* **PROMPT**
Count every line in the data that contains the word "usize", then report that number alone.

* **DATA SHOWN**

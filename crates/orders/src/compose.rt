// A line composed of some of its prefixes in an order, and its last text, with one space behind each prefix.
use super::prefixes::{MOST, Prefix, Prefixes};
use scan::part::part;
use texts::page::Page;

// Which prefixes are kept.
#[derive(Clone, Copy)]
pub enum Keep {
    All,
    LastOfKind,
}

// Whether a prefix is kept that these follow in an order.
fn is_kept(p: &Prefixes, keep: Keep, one: Prefix, behind: &[u8]) -> bool {
    match keep {
        Keep::All => true,
        Keep::LastOfKind => !behind.iter().any(|k| p.at(*k).kind == one.kind),
    }
}

// The composed line. A `for` over the places, since what follows a prefix is looked at too.
pub fn put_composed(
    page: &mut Page<'_>,
    line: &[u8],
    p: &Prefixes,
    order: &[u8; MOST],
    keep: Keep,
) {
    let order = &order[..p.count.min(MOST)];
    for j in 0..order.len() {
        let one = p.at(order[j]);
        if is_kept(p, keep, one, &order[j + 1..]) {
            page.text(part(line, one.start, one.stop));
            page.byte(b' ');
        }
    }
    page.text(part(line, p.text, p.stop));
}
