// The services of a packet as a set of 64 bits, bit k for service k: worked out from the numbers of its blocks, and counted.
#![tactic(auto)]

ghost use Rattle.std.specs.Prelude.{◌≡◌};
ghost use Rattle.std.specs.Int.Count.{ones};
ghost use Rattle.packet_services.specs.Services.{with_number, services_to};

use basics::{MOST_BLOCKS, MOST_NUMBER};

// The set with a number more; it has no bit for one above 63.
fn with_number(set: u64, number: u8) -> u64
    ensures { result ≡ with_number set number }
{
    if MOST_NUMBER < number {
        return set;
    }
    set | (1u64 << (number as u32))
}

/// The set of the first `count` numbers; empty where there are fewer places.
#[tactic(auto, using(crate::proofs::Services::set_many))]
pub fn services_to(numbers: &[u8; 63], count: usize) -> u64
    ensures { result ≡ services_to count numbers.now }
{
    if MOST_BLOCKS < count {
        return 0;
    }
    let all = &numbers[..];
    let mut set: u64 = 0;
    for &number in &all[..count] {
        set = with_number(set, number);
    }
    set
}

/// How many services a set has: as many as ones.
pub fn how_many(set: u64) -> usize
    ensures { result ≡ ones set }
{
    u64::count_ones(set) as usize
}
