#![tactic(auto)]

* **SOLUTION**
3